Last week, University of Texas Press announced its Texas Bookshelf initiative, a five-year, 16-book effort enlisting some of the state’s most esteemed writers to tell the state’s story.

“Texas deserves a comprehensive series of books that explores its history and culture,” UT President Bill Powers said in a statement. “A collaboration between our esteemed faculty and UT Press is the ideal way to produce The Texas Bookshelf and to share the rich resources of this campus with the rest of the world.” The effort will be funded partly through the president’s discretionary fund, and partly through ongoing fundraising.

The project’s keystone will be a comprehensive, full-length history of the state to be written by Stephen Harrigan, the award-winning New York Times bestselling author and faculty member at UT’s Mitchener Center for Writers. Harrigan’s book is scheduled to publish in 2017.

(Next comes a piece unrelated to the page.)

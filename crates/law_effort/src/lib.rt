// A box within a stated effort, of an accepted build: definitions and laws only, in specs. The statement is in specs/OfBuild.
#![tactic(auto)]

Harrigan has already written a number of highly regarded works about Texas, including The Gates of the Alamo, a sweeping historical novel that dramatizes one of Texas’ most famous events, and Remember Ben Clayton, which explores art, family life and violence in the first decade of 20th-century Texas.

“My goal is to make the events of the modern history of Texas—the Kennedy assassination, the moon landing, the collapse of Enron—as compelling to read about as the siege of the Alamo or the Comanche wars,” Harrigan said in a statement.

The authors contracted to write the 15 remaining books of the Bookshelf series are similarly accomplished. Cecilia Ballí, a professor at UT’s Department of Anthropology and a contributor to Harper’s and Texas Monthly, will write about the Texas borderlands. Shirley Thompson, associate director of UT’s John L. Warfield Center for African and African American Studies, will write about the African-American experience in Texas. UT journalism professor (and Observer columnist) Bill Minutaglio will pen a book about Texas politics and business.

Additional books on the Tejana and Tejano experiences in Texas, sports, art, photography, architecture, food and other cultural topics will be written by distinguished UT faculty. The project will also eventually include an interactive website featuring author interviews and supplementary materials, as well as public events presented in conjunction with the Blanton Museum, the Harry Ransom Center and the Dolph Briscoe Center for American History.